» WHAT NEEDS TO BE DONE
Transcribe the listing word for word. Begin at its first line and end with the line containing "rows of a table.".

» GIVEN RECORDS

>>>

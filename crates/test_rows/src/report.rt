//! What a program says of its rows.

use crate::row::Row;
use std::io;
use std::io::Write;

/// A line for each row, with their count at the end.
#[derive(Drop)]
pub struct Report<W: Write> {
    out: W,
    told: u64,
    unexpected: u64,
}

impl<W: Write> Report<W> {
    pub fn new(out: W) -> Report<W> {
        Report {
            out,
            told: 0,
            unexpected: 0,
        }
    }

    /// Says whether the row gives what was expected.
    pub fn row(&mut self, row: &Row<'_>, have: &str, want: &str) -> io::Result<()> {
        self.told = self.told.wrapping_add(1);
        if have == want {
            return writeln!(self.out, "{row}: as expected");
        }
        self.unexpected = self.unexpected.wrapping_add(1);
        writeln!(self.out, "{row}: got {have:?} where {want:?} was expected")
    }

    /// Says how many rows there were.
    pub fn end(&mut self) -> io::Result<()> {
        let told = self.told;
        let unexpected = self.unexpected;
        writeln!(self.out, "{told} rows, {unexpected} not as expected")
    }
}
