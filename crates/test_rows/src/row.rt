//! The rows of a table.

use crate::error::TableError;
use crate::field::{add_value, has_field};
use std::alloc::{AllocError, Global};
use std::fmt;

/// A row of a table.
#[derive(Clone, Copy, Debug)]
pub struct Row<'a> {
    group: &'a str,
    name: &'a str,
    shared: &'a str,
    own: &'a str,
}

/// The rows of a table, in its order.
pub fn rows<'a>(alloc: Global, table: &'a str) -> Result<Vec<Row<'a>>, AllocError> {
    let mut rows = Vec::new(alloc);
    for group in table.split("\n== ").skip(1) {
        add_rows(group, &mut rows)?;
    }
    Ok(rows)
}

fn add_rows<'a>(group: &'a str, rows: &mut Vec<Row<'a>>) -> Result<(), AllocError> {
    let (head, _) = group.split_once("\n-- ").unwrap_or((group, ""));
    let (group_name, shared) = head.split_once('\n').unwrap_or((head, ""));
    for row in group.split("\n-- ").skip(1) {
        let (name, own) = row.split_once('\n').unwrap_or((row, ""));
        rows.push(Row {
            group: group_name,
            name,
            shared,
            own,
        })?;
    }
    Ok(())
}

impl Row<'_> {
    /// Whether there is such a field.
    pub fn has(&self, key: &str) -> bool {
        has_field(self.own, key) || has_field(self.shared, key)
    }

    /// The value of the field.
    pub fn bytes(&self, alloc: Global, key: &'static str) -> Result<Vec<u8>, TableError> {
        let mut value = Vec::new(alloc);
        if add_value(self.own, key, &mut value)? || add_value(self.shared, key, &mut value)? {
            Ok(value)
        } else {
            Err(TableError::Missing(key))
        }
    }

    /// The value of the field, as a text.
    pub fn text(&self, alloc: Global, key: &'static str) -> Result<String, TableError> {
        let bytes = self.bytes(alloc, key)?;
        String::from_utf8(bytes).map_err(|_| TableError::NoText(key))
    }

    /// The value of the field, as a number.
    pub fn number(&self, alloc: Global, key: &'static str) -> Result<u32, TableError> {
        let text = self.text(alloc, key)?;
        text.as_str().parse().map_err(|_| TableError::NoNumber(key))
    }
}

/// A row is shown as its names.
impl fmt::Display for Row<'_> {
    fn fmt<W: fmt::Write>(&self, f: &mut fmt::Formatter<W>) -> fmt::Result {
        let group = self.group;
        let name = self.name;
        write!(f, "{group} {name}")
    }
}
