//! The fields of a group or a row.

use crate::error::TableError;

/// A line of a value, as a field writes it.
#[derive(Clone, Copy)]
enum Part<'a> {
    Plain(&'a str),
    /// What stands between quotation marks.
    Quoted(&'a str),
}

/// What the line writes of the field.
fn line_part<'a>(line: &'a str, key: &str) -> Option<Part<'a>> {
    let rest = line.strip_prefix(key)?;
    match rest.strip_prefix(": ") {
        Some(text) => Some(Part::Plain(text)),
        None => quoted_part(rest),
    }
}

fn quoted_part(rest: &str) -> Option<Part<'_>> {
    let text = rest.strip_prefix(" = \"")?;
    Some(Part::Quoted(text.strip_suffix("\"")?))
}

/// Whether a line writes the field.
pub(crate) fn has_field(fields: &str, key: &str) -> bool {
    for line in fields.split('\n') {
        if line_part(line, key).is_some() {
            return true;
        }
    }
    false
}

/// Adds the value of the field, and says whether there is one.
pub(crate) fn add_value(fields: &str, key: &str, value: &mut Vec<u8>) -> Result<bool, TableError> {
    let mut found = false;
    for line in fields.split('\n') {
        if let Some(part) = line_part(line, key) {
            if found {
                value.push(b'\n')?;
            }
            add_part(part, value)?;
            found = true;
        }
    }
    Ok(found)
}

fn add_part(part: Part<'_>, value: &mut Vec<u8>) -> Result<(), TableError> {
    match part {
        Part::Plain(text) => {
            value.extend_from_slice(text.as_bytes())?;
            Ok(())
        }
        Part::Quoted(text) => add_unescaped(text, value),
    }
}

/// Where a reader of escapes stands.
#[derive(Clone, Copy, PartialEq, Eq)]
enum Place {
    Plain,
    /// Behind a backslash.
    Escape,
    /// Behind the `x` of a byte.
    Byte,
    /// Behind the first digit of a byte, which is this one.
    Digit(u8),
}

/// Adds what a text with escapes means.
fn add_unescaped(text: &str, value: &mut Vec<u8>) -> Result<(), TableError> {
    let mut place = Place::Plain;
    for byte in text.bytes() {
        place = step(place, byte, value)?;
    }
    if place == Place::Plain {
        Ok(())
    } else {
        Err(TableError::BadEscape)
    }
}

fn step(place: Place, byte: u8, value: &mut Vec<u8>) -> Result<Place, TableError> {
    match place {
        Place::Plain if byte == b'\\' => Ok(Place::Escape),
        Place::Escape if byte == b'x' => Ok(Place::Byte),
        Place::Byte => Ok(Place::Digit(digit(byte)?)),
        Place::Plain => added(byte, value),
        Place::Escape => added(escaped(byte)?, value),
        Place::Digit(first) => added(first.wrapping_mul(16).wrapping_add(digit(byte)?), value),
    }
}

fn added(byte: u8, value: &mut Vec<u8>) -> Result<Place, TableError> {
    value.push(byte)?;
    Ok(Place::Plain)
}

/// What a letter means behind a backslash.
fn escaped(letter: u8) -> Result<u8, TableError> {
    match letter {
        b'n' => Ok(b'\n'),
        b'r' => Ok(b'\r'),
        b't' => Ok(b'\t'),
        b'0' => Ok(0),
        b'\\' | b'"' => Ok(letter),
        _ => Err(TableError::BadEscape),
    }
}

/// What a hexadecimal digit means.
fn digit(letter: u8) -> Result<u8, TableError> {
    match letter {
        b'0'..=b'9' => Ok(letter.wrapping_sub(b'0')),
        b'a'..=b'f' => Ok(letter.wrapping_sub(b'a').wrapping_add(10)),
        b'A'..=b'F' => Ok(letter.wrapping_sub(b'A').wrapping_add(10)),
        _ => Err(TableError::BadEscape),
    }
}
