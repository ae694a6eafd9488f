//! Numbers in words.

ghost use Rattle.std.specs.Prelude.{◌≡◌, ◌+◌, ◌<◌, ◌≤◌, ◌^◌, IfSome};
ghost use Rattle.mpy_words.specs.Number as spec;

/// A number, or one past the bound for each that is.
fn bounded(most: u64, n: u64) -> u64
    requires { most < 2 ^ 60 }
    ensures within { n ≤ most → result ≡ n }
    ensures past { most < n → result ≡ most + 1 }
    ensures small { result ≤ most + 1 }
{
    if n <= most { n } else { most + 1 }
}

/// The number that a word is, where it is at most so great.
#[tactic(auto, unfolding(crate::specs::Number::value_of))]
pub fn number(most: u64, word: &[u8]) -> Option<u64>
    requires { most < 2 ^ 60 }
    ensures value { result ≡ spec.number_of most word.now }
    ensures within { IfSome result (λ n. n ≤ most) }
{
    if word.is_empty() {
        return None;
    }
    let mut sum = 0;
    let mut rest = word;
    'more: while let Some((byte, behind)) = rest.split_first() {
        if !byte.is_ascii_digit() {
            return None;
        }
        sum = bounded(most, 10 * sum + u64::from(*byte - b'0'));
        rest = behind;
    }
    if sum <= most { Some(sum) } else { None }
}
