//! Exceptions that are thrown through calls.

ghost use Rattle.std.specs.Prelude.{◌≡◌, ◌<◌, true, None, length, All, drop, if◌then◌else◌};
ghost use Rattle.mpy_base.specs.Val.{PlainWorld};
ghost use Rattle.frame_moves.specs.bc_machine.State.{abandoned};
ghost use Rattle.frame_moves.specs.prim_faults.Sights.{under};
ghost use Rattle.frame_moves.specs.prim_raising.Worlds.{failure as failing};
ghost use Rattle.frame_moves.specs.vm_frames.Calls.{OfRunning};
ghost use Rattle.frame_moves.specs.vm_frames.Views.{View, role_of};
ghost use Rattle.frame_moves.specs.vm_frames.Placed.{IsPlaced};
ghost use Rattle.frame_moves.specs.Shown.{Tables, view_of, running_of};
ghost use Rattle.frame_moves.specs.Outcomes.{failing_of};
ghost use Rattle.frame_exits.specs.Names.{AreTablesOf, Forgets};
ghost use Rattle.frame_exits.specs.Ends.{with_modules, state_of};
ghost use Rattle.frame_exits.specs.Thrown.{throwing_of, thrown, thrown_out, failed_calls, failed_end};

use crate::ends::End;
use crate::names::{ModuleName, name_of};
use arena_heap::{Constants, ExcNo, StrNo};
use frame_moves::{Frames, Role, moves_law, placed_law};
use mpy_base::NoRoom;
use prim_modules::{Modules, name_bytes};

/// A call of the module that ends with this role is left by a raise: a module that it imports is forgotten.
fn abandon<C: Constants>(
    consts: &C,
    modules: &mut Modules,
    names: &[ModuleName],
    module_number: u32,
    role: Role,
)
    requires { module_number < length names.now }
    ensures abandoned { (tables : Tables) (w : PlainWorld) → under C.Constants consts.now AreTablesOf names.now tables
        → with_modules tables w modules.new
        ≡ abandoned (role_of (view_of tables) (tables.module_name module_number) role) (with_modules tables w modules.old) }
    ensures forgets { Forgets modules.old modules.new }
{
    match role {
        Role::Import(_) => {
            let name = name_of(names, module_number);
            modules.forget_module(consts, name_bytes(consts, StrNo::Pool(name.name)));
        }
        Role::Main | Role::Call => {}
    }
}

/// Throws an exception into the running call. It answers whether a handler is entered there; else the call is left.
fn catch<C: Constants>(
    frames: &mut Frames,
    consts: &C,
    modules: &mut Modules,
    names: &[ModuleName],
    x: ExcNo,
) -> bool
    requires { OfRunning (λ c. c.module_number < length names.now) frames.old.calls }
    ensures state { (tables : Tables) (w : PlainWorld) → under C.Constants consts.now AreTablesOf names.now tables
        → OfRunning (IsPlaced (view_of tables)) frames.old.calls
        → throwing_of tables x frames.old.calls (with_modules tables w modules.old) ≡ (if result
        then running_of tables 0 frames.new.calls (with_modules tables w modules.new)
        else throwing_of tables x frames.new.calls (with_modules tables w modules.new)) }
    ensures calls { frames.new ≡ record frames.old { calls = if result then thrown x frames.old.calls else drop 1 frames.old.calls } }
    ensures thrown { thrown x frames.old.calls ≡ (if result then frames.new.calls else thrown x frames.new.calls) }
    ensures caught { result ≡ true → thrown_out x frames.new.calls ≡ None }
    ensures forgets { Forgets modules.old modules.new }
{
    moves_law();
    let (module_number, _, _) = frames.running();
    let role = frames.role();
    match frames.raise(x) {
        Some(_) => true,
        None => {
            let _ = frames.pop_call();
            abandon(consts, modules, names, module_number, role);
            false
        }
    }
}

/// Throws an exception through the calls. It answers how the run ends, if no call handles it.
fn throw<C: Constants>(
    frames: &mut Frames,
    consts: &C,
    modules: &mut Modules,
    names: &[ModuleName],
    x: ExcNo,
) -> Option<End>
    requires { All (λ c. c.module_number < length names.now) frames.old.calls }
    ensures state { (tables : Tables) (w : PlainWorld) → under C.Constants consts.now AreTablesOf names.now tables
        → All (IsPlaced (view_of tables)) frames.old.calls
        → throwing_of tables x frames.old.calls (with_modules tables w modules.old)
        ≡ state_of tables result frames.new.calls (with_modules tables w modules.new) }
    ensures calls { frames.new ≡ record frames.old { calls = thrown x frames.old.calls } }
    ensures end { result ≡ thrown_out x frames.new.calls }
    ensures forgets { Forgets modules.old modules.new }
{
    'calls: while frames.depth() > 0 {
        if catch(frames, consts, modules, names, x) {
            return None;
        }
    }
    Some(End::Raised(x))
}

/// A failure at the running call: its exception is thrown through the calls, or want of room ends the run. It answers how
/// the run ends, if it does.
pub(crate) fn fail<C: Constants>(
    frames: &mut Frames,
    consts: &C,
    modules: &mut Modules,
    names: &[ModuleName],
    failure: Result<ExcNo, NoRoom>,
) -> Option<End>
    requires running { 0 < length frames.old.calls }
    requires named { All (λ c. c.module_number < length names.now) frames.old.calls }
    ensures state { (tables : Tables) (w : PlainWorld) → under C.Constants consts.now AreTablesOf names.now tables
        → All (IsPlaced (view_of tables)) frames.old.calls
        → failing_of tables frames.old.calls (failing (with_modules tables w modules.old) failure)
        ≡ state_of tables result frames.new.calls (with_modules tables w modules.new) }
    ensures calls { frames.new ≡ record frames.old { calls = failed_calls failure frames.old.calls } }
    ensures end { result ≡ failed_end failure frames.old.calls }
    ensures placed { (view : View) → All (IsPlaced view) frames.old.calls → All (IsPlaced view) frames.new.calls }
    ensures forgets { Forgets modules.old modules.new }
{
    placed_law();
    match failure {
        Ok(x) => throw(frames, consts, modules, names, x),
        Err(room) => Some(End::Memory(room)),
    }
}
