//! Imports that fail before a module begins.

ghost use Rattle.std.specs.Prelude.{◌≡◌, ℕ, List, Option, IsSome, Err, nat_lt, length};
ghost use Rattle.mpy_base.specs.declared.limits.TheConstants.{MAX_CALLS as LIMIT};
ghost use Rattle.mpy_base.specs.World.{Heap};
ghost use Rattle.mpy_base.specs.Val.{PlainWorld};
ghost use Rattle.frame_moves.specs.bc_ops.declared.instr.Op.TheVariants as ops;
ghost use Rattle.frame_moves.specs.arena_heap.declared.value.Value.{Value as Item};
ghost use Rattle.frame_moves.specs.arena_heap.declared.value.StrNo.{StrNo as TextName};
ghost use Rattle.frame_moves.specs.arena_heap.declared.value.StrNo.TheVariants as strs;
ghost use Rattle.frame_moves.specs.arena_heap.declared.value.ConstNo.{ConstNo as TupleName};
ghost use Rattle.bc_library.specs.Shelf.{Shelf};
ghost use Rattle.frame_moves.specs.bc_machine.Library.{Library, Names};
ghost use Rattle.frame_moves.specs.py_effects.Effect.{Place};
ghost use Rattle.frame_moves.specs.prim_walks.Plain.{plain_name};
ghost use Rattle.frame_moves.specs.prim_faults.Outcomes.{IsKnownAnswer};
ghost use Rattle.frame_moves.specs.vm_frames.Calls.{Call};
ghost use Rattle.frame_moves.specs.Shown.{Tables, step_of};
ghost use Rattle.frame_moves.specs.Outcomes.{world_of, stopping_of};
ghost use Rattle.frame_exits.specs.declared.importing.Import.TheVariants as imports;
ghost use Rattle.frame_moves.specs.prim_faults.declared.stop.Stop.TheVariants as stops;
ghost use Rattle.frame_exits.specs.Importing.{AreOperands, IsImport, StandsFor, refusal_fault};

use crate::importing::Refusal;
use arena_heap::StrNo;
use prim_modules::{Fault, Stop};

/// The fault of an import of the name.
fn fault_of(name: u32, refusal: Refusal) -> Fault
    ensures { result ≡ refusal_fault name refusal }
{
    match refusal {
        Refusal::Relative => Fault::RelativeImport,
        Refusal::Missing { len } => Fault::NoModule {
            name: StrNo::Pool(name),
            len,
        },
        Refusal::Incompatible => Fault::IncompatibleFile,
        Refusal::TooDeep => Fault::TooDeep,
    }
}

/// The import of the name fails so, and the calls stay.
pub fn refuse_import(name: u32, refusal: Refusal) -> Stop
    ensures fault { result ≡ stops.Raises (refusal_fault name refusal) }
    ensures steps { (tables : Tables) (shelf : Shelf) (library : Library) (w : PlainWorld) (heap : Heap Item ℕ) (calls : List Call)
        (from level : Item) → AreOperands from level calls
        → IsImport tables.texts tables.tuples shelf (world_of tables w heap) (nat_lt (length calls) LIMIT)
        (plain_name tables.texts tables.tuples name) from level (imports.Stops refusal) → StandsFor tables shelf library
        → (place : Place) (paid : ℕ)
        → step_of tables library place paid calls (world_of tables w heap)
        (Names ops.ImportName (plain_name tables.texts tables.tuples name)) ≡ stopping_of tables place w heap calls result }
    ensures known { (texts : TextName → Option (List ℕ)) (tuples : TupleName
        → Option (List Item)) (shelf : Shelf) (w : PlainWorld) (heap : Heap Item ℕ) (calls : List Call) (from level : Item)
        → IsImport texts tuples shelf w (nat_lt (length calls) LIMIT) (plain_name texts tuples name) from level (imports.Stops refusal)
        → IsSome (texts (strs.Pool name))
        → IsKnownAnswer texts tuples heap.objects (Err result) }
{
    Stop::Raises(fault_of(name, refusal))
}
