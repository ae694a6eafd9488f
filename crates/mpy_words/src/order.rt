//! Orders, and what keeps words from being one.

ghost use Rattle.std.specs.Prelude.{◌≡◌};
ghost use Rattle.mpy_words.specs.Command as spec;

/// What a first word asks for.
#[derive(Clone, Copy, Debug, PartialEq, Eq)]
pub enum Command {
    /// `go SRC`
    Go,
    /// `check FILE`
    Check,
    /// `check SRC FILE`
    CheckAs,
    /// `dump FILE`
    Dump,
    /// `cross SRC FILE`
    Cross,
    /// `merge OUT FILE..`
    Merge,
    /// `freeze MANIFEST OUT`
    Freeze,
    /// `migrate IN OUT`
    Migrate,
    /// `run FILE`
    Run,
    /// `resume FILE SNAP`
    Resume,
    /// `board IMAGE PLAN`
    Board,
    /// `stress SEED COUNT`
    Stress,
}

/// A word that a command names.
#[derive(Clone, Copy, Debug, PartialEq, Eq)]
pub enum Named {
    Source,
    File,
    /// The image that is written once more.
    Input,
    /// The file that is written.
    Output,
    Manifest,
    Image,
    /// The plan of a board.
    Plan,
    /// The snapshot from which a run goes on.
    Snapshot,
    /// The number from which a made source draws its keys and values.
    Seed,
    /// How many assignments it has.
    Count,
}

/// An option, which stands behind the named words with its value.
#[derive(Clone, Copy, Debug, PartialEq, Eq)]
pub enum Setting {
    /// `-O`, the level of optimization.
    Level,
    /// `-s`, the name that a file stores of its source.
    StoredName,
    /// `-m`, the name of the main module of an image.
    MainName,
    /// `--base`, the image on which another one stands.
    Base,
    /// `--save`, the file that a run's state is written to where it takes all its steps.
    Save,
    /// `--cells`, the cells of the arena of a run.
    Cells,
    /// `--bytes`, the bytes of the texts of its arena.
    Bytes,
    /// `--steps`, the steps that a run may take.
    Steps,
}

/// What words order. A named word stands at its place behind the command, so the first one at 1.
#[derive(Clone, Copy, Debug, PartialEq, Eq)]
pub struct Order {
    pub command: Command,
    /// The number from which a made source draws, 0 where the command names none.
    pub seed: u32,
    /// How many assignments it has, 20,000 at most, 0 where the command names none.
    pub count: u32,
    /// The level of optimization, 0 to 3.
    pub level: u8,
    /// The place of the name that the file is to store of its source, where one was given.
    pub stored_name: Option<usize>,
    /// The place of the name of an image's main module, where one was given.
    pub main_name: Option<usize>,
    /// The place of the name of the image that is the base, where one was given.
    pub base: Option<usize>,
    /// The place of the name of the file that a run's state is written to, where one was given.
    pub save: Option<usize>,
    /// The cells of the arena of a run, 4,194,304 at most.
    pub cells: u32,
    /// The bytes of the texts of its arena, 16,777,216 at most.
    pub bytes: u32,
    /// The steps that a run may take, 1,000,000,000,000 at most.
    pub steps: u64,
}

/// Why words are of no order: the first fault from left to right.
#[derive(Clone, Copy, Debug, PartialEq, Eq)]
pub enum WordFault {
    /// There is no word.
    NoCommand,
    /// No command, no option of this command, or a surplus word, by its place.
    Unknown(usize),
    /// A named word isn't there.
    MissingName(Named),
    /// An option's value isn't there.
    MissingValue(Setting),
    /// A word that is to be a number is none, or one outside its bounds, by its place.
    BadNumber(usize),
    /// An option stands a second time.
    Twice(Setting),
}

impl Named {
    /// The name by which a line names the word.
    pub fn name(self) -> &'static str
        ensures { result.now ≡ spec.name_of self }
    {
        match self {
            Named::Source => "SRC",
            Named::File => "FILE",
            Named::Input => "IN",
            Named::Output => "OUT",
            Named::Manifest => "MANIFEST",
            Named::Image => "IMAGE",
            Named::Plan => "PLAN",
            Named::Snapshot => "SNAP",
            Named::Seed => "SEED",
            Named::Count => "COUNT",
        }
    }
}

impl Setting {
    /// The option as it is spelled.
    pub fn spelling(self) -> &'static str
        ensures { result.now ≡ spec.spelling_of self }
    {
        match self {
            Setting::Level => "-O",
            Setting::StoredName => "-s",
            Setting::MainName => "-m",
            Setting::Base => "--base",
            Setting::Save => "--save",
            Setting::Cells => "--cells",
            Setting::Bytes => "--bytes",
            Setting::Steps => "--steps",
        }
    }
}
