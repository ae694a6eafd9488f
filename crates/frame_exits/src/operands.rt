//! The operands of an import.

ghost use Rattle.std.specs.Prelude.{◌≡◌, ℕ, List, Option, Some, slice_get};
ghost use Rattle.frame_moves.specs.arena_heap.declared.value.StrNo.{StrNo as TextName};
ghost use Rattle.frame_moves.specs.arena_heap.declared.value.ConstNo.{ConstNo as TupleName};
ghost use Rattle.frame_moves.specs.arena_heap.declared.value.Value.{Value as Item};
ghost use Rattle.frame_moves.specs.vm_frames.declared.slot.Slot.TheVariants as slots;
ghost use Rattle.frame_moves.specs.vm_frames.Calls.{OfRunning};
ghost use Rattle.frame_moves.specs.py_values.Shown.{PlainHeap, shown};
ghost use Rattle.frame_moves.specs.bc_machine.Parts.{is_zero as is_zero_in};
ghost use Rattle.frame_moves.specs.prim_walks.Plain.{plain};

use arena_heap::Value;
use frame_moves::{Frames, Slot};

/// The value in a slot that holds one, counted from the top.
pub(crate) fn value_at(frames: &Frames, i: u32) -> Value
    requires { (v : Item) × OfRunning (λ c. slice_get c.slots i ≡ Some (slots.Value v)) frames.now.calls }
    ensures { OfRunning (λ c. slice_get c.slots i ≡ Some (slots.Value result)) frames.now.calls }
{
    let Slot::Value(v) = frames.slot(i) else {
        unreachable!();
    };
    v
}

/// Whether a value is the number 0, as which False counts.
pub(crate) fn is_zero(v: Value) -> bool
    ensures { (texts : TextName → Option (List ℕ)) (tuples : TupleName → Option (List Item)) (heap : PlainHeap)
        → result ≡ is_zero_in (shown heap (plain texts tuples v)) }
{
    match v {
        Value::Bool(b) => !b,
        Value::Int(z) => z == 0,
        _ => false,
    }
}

<<<

» WRITTEN SOLUTION
filename crates/test_rows/src/report.rt
//! What a program says of its rows.

use crate::row::Row;
use std::io;
use std::io::Write;

/// A line for each row, with their count at the end.
#[derive(Drop)]
pub struct Report<W: Write> {
    out: W,
    told: u64,
    unexpected: u64,
}

impl<W: Write> Report<W> {
    pub fn new(out: W) -> Report<W> {
        Report {
            out,
            told: 0,
            unexpected: 0,
        }
    }

    /// Says whether the row gives what was expected.
    pub fn row(&mut self, row: &Row<'_>, have: &str, want: &str) -> io::Result<()> {
        self.told = self.told.wrapping_add(1);
        if have == want {
            return writeln!(self.out, "{row}: as expected");
        }
        self.unexpected = self.unexpected.wrapping_add(1);
        writeln!(self.out, "{row}: got {have:?} where {want:?} was expected")
    }

    /// Says how many rows there were.
    pub fn end(&mut self) -> io::Result<()> {
        let told = self.told;
        let unexpected = self.unexpected;
        writeln!(self.out, "{told} rows, {unexpected} not as expected")
    }
}
filename crates/test_rows/src/row.rt
//! The rows of a table.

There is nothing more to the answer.